→ **TO DO**: Every entry is to be printed again precisely as given.

Collected data entries
// Dtypes in use.
ghost use Rattle.std.specs.Prelude.{◌≡◌, None as Nothing, MatchOption};
ghost use Rattle.dtype.specs.Tree.{kind_of, nullability_of, children_of};
ghost use Rattle.dtype.specs.Use.{meaning, of, count as count_of, IsChild, next_line, tree_at, lines_in};
ghost use Rattle.dtype.specs.Node.{NodeOf, LineNode};

use crate::lines::{DTypeText, Head, Line};
use crate::nodes::Node;
use kinds::{Kind, Nullability, PType};

// A dtype in use: a line of a text with all below it, or a bool or a number type that stands in no text.
#[derive(Clone, Copy)]
pub enum DType {
    // The first line of a text is line 1. There need not be such a line.
    Line(usize),
    Bool(Nullability),
    Primitive(PType, Nullability),
}

// A child of a dtype: its name, as a part of the text, and its dtype.
#[derive(Clone, Copy)]
pub struct Child<'a> {
    pub name: &'a [u8],
    pub dtype: DType,
}

impl<'a> DTypeText<'a> {
    // The line that has this number, with the lines after it.
    fn node_at(&self, number: usize) -> Option<Node<'_, 'a>>
        ensures { MatchOption result (tree_at (lines_in self.now) number ≡ Nothing) (LineNode self.now number) }
    {
        let lines = self.lines.get(number.checked_sub(1)?..)?;
        let (line, later) = lines.split_first()?;
        Some(Node { line: *line, later })
    }

    // The dtype as a node: its line with the lines after it, or one line alone where it stands in no text.
    pub(crate) fn node(&self, dtype: DType) -> Option<Node<'_, 'a>>
        ensures { MatchOption result (meaning self.now dtype ≡ Nothing) (NodeOf self.now dtype) }
    {
        let (kind, nullability) = match dtype {
            DType::Line(number) => return self.node_at(number),
            DType::Bool(nullability) => (Kind::Bool, nullability),
            DType::Primitive(ptype, nullability) => (Kind::Primitive(ptype), nullability),
        };
        let line = Line {
            depth: 0,
            head: Head { kind, nullability },
            name: &[],
        };
        Some(Node {
            line,
            later: &self.lines[..0],
        })
    }
}

// A dtype in use does not hold its text, so that it is plain data which a record of the tree can keep. Each call is given the text.
impl DType {
    // The kind; none where there is no such line.
    pub fn kind(self, text: &DTypeText) -> Option<Kind>
        ensures { result ≡ of kind_of (meaning text.now self) }
    {
        Some(text.node(self)?.line.head.kind)
    }

    // The null mark; none where there is no such line.
    pub fn nullability(self, text: &DTypeText) -> Option<Nullability>
        ensures { result ≡ of nullability_of (meaning text.now self) }
    {
        Some(text.node(self)?.line.head.nullability)
    }

    // The number of children; none where there is no such line.
    pub fn child_count(self, text: &DTypeText) -> Option<usize>
        ensures { result ≡ of (λ t. count_of (children_of t)) (meaning text.now self) }
    {
        Some(text.node(self)?.child_count())
    }

    // The k-th child, from 0; none past the last, and where there is no such line.
    pub fn child<'a>(self, text: &DTypeText<'a>, k: usize) -> Option<Child<'a>>
        ensures { IsChild text.now self k result }
    {
        let node = text.node(self)?;
        let child = node.child(k)?;
        Some(Child {
            name: child.line.name,
            dtype: DType::Line(text.lines.len() - child.later.len()),
        })
    }

    // The line after a line and all below it; none at the end of the text, where there is no such line, and for a dtype that stands
    // in no text.
    #[tactic(auto, using(crate::proofs::Meanings::after_within, crate::proofs::Meanings::next_there, crate::proofs::Meanings::next_none))]
    pub fn next_line(self, text: &DTypeText) -> Option<usize>
        ensures { result ≡ next_line text.now self }
    {
        let node = text.node(self)?;
        let after = node.after();
        if after.is_empty() {
            None
        } else {
            Some(text.lines.len() - after.len() + 1)
        }
    }
}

→ **RESPONSE TO THE TASK**:
// Dtypes in use.
ghost use Rattle.std.specs.Prelude.{◌≡◌, None as Nothing, MatchOption};
ghost use Rattle.dtype.specs.Tree.{kind_of, nullability_of, children_of};
ghost use Rattle.dtype.specs.Use.{meaning, of, count as count_of, IsChild, next_line, tree_at, lines_in};
ghost use Rattle.dtype.specs.Node.{NodeOf, LineNode};

use crate::lines::{DTypeText, Head, Line};
use crate::nodes::Node;
use kinds::{Kind, Nullability, PType};

// A dtype in use: a line of a text with all below it, or a bool or a number type that stands in no text.
#[derive(Clone, Copy)]
pub enum DType {
    // The first line of a text is line 1. There need not be such a line.
    Line(usize),
    Bool(Nullability),
    Primitive(PType, Nullability),
}

// A child of a dtype: its name, as a part of the text, and its dtype.
#[derive(Clone, Copy)]
pub struct Child<'a> {
    pub name: &'a [u8],
    pub dtype: DType,
}

impl<'a> DTypeText<'a> {
    // The line that has this number, with the lines after it.
    fn node_at(&self, number: usize) -> Option<Node<'_, 'a>>
        ensures { MatchOption result (tree_at (lines_in self.now) number ≡ Nothing) (LineNode self.now number) }
    {
        let lines = self.lines.get(number.checked_sub(1)?..)?;
        let (line, later) = lines.split_first()?;
        Some(Node { line: *line, later })
    }

    // The dtype as a node: its line with the lines after it, or one line alone where it stands in no text.
    pub(crate) fn node(&self, dtype: DType) -> Option<Node<'_, 'a>>
        ensures { MatchOption result (meaning self.now dtype ≡ Nothing) (NodeOf self.now dtype) }
    {
        let (kind, nullability) = match dtype {
            DType::Line(number) => return self.node_at(number),
            DType::Bool(nullability) => (Kind::Bool, nullability),
            DType::Primitive(ptype, nullability) => (Kind::Primitive(ptype), nullability),
        };
        let line = Line {
            depth: 0,
            head: Head { kind, nullability },
            name: &[],
        };
        Some(Node {
            line,
            later: &self.lines[..0],
        })
    }
}

// A dtype in use does not hold its text, so that it is plain data which a record of the tree can keep. Each call is given the text.
impl DType {
    // The kind; none where there is no such line.
    pub fn kind(self, text: &DTypeText) -> Option<Kind>
        ensures { result ≡ of kind_of (meaning text.now self) }
    {
        Some(text.node(self)?.line.head.kind)
    }

    // The null mark; none where there is no such line.
    pub fn nullability(self, text: &DTypeText) -> Option<Nullability>
        ensures { result ≡ of nullability_of (meaning text.now self) }
    {
        Some(text.node(self)?.line.head.nullability)
    }

    // The number of children; none where there is no such line.
    pub fn child_count(self, text: &DTypeText) -> Option<usize>
        ensures { result ≡ of (λ t. count_of (children_of t)) (meaning text.now self) }
    {
        Some(text.node(self)?.child_count())
    }

    // The k-th child, from 0; none past the last, and where there is no such line.
    pub fn child<'a>(self, text: &DTypeText<'a>, k: usize) -> Option<Child<'a>>
        ensures { IsChild text.now self k result }
    {
        let node = text.node(self)?;
        let child = node.child(k)?;
        Some(Child {
            name: child.line.name,
            dtype: DType::Line(text.lines.len() - child.later.len()),
        })
    }

    // The line after a line and all below it; none at the end of the text, where there is no such line, and for a dtype that stands
    // in no text.
    #[tactic(auto, using(crate::proofs::Meanings::after_within, crate::proofs::Meanings::next_there, crate::proofs::Meanings::next_none))]
    pub fn next_line(self, text: &DTypeText) -> Option<usize>
        ensures { result ≡ next_line text.now self }
    {
        let node = text.node(self)?;
        let after = node.after();
        if after.is_empty() {
            None
        } else {
            Some(text.lines.len() - after.len() + 1)
        }
    }
}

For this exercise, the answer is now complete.